BRIEF —
Within the records below, reproduce without change the lines from the line that has "let Some((row, behind))" through the line that has "hash[0] = first;", and only those.

******

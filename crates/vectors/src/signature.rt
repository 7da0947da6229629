// The signature check, over rows from standard input: each a key, a message and a signature with two bytes of length before each.
// The first row is of RFC 8554, over a tree of height 5, and is printed stage by stage.
ghost use Rattle.std.specs.Prelude.{◌<◌, ◌≤◌, length, IfSome};

use crate::print::Hex;
use lms::{Outcome, Place};
use std::io;
use std::io::Read;
use streams::{field, read_full};
use wire::{array_at, u32_at};

// What a row holds.
#[derive(Clone, Copy)]
struct Row<'a> {
    key: &'a [u8],
    message: &'a [u8],
    signature: &'a [u8],
}

// The row at the start of m, and what stands behind it.
fn next_row(m: &[u8]) -> Option<(Row<'_>, &[u8])>
    ensures { IfSome result (λ r. length r.1.now < length m.now) }
{
    let (key, rest) = field(m)?;
    let (message, rest) = field(rest)?;
    let (signature, rest) = field(rest)?;
    Some((
        Row {
            key,
            message,
            signature,
        },
        rest,
    ))
}

// The root of a tree of height 5, up the path from a leaf.
fn root(leaf: Place, key: [u8; 32], signature: &[u8]) -> [u8; 32]
    requires { (leaf.number < 32) × (1292 ≤ length signature.now) }
{
    let id = leaf.id;
    let mut node = Place {
        id,
        number: 32 + leaf.number,
    };
    let mut value = lms::leaf_node(node, key);
    // i is the height, and the sibling's place.
    for i in 0..5 {
        let over = lms::parent(node, value, array_at(signature, 1132 + 32 * i));
        value = over;
        node.number /= 2;
    }
    value
}

// The leaf key, the steps to it and the root that a signature over a tree of height 5 comes to.
fn print_stages(rt: &impl Print, row: Row<'_>) -> io::Result<()> {
    let Row {
        key,
        message,
        signature,
    } = row;
    if key.len() < 24 || 1024 < message.len() || signature.len() < 1292 {
        return Ok(());
    }
    let number = u32_at(signature, 0);
    if 31 < number {
        return Ok(());
    }
    let id = array_at(key, 8);
    let leaf = Place { id, number };
    let hash = lms::message_hash(leaf, array_at(signature, 8), message);
    let walked = lms::leaf_key(leaf, hash, signature);
    let end = walked.key;
    let top = root(leaf, end, signature);
    println!(rt;
        "leaf key {}\nsteps {}\nroot {}",
        Hex(&end),
        walked.steps,
        Hex(&top)
    )
}

// The refusal, the verdict, the steps and the leaf of a check.
fn print_check(rt: &impl Print, row: Row<'_>) -> io::Result<()> {
    match lms::check(row.key, row.message, row.signature) {
        Ok(
            Outcome {
                steps,
                leaf: Some(leaf),
            },
        ) => println!(rt; "0 yes {steps} leaf {leaf}"),
        Ok(Outcome { steps, leaf: None }) => println!(rt; "0 no {steps} leaf 0"),
        Err(refusal) => println!(rt; "{} no 0 leaf 0", u32::from(refusal)),
    }
}

// Prints each row of m, and answers whether m is whole rows to its end.
fn print_rows(rt: &impl Print, m: &[u8]) -> io::Result<bool> {
    let mut rest = m;
    let mut number: u64 = 0;
    while !rest.is_empty() {
        let Some((row, behind)) = next_row(rest) else {
            return Ok(false);
        };
        if number == 0 {
            print_stages(rt, row)?;
        } else {
            print!(rt; "{number} ")?;
            print_check(rt, row)?;
        }
        rest = behind;
        number += 1;
    }
    Ok(true)
}

// The steps of a hash, given by its first byte and the one that each other byte is, after the sum of its bytes.
fn print_steps(rt: &impl Print, first: u8, other: u8) -> io::Result<()> {
    let mut hash = [other; 32];
    hash[0] = first;
    let sum = u32::from(first) + 31 * u32::from(other);
    println!(rt; "sum {sum} steps {}", lms::step_count(hash))
}

// Every row, and the steps of hashes at the edges.
pub fn print_all(rt: &impl Print, input: &mut impl Read) -> io::Result<()> {
    let mut bytes = [0u8; 65536];
    let n = read_full(input, &mut bytes);
    if print_rows(rt, &bytes[..n])? {
        for (first, other) in [(255, 255), (0, 0), (224, 0), (225, 0)] {
            print_steps(rt, first, other)?;
        }
    }
    Ok(())
}
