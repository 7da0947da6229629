// Bytes in print.
use std::fmt;

// Bytes that are shown as two hexadecimal digits each. `signings` has the same ten lines: in a library they would want a definition and edits, for two programs of tests.
#[derive(Clone, Copy)]
pub struct Hex<'a>(pub &'a [u8]);

impl fmt::Display for Hex<'_> {
    fn fmt<W: fmt::Write>(&self, f: &mut fmt::Formatter<W>) -> fmt::Result {
        for byte in self.0 {
            write!(f, "{byte:02x}")?;
        }
        Ok(())
    }
}
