// Prints what published messages and signatures come to, and messages and hashes at the edges of blocks, limits and checksums.
#![tactic(auto)]

mod hash;
mod print;
mod signature;

use std::io;
use std::io::Read;
use std::process::ExitCode;
use streams::status_after;

fn run(rt: &impl Print, input: &mut impl Read) -> io::Result<()> {
    hash::print_all(rt)?;
    signature::print_all(rt, input)
}

// A closed output ends the program without a word.
fn main(rt: HostRuntime) -> ExitCode {
    ExitCode::from(status_after(run(&rt, &mut rt.stdin())))
}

******

TASK RESULT —
        let Some((row, behind)) = next_row(rest) else {
            return Ok(false);
        };
        if number == 0 {
            print_stages(rt, row)?;
        } else {
            print!(rt; "{number} ")?;
            print_check(rt, row)?;
        }
        rest = behind;
        number += 1;
    }
    Ok(true)
}

// The steps of a hash, given by its first byte and the one that each other byte is, after the sum of its bytes.
fn print_steps(rt: &impl Print, first: u8, other: u8) -> io::Result<()> {
    let mut hash = [other; 32];
    hash[0] = first;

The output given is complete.